Stored items:
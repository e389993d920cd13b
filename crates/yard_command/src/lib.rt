// A line after an accepted header: the command that it is, and what answering it leaves in the areas. Each command has
// a function: the call, and its reply as bytes.
#![tactic(auto)]

ghost use Rattle.std.specs.Prelude.{◌≡◌, ◌+◌, ◌*◌, ◌≤◌, ◌<◌, ◌^◌, length};
ghost use Rattle.table_rules.specs.Add.{add_reply, table_after_add, work_after_add};
ghost use Rattle.table_rules.specs.Remove.{remove_reply, table_after_remove, work_after_remove};
ghost use Rattle.table_rules.specs.Search.{range_reply, result_after_range, nearest_reply, result_after_nearest};
ghost use Rattle.yard_rules.specs.Line.{letter_n, letter_w, command_in, profile_in};
ghost use Rattle.yard_rules.specs.Reply.{add_text, remove_text, search_text};
ghost use Rattle.yard_rules.specs.Conversation.{areas_after, text_after};
ghost use Rattle.yard_reply.specs.Put.{Puts};
ghost use Rattle.yard_command.specs.Lent.{areas_in, SameAreas};

mod lent;

pub use lent::Lent;
use metric_rules::{Profile, Row};
use search_rules::Entry;
use yard_rules::Command;

fn run_add(
    table: &mut [Row],
    work: &mut [Row],
    out: &mut [u8],
    tag: u64,
    profile: Profile,
    day: u32,
) -> usize
    requires { 65 ≤ length out.old }
    ensures table { table.new ≡ table_after_add table.old work.old tag profile day }
    ensures work { work.new ≡ work_after_add table.old work.old tag profile day }
    ensures text { Puts out.old out.new result (add_text (add_reply table.old work.old tag profile day)) }
{
    yard_reply::put_added(out, table_add::add(table, work, tag, profile, day))
}

fn run_remove(table: &mut [Row], work: &mut [Row], out: &mut [u8], tag: u64) -> usize
    requires { 65 ≤ length out.old }
    ensures table { table.new ≡ table_after_remove table.old work.old tag }
    ensures work { work.new ≡ work_after_remove table.old work.old tag }
    ensures text { Puts out.old out.new result (remove_text (remove_reply table.old work.old tag)) }
{
    yard_reply::put_removed(out, table_remove::remove(table, work, tag))
}

// A search's reply needs room for as many entries as the result area has.
fn run_range(
    table: &[Row],
    res: &mut [Entry],
    out: &mut [u8],
    query: Profile,
    radius: u32,
    first_day: u32,
) -> usize
    requires { 65 + 37 * length res.old ≤ length out.old }
    ensures res { res.new ≡ result_after_range table.now res.old query radius first_day }
    ensures text { Puts out.old out.new result
        (search_text letter_w (range_reply table.now res.old query radius first_day)
        (result_after_range table.now res.old query radius first_day)) }
{
    let reply = table_range::range(table, res, query, radius, first_day);
    yard_reply::put_searched(out, b'W', reply, res)
}

fn run_nearest(
    table: &[Row],
    res: &mut [Entry],
    out: &mut [u8],
    query: Profile,
    k: u32,
    first_day: u32,
) -> usize
    requires { 65 + 37 * length res.old ≤ length out.old }
    ensures res { res.new ≡ result_after_nearest table.now res.old query k first_day }
    ensures text { Puts out.old out.new result
        (search_text letter_n (nearest_reply table.now res.old query k first_day)
        (result_after_nearest table.now res.old query k first_day)) }
{
    let reply = table_nearest::nearest(table, res, query, k, first_day);
    yard_reply::put_searched(out, b'N', reply, res)
}

// A line, as the command that it is.
pub fn answer(lent: &mut Lent<'_>, number: u64, line: &[u8]) -> usize
    requires { length line.now < 2 ^ 32 }
    ensures same { SameAreas lent.old lent.new }
    ensures areas { areas_in lent.new ≡ areas_after (areas_in lent.old) (command_in line.now) (profile_in line.now) }
    ensures text { Puts lent.old.out.now lent.new.out.now result
        (text_after (areas_in lent.old) number (command_in line.now) (profile_in line.now)) }
{
    let Some(command) = yard_line::command(line) else {
        return yard_reply::put_one(lent.out, b'?', number);
    };
    // A reborrow of its own: the searches only read the table, and the proof has to see that they leave it as it was.
    let table = &mut *lent.table;
    match command {
        Command::Add(tag, day) => {
            let profile = yard_line::profile(line);
            run_add(table, lent.work, lent.out, tag, profile, day)
        }
        Command::Remove(tag) => run_remove(table, lent.work, lent.out, tag),
        Command::Within(radius, first_day) => {
            let query = yard_line::profile(line);
            run_range(table, lent.res, lent.out, query, radius, first_day)
        }
        Command::Nearest(k, first_day) => {
            let query = yard_line::profile(line);
            run_nearest(table, lent.res, lent.out, query, k, first_day)
        }
    }
}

### Task description
Retype the records above from the very first line down to the line with "#![tactic(auto)]", keeping both of those lines. Include nothing beyond them.

### Solution to this task
repository e389993d920cd13b
filename crates/yard_command/src/lib.rt
// A line after an accepted header: the command that it is, and what answering it leaves in the areas. Each command has
// a function: the call, and its reply as bytes.
#![tactic(auto)]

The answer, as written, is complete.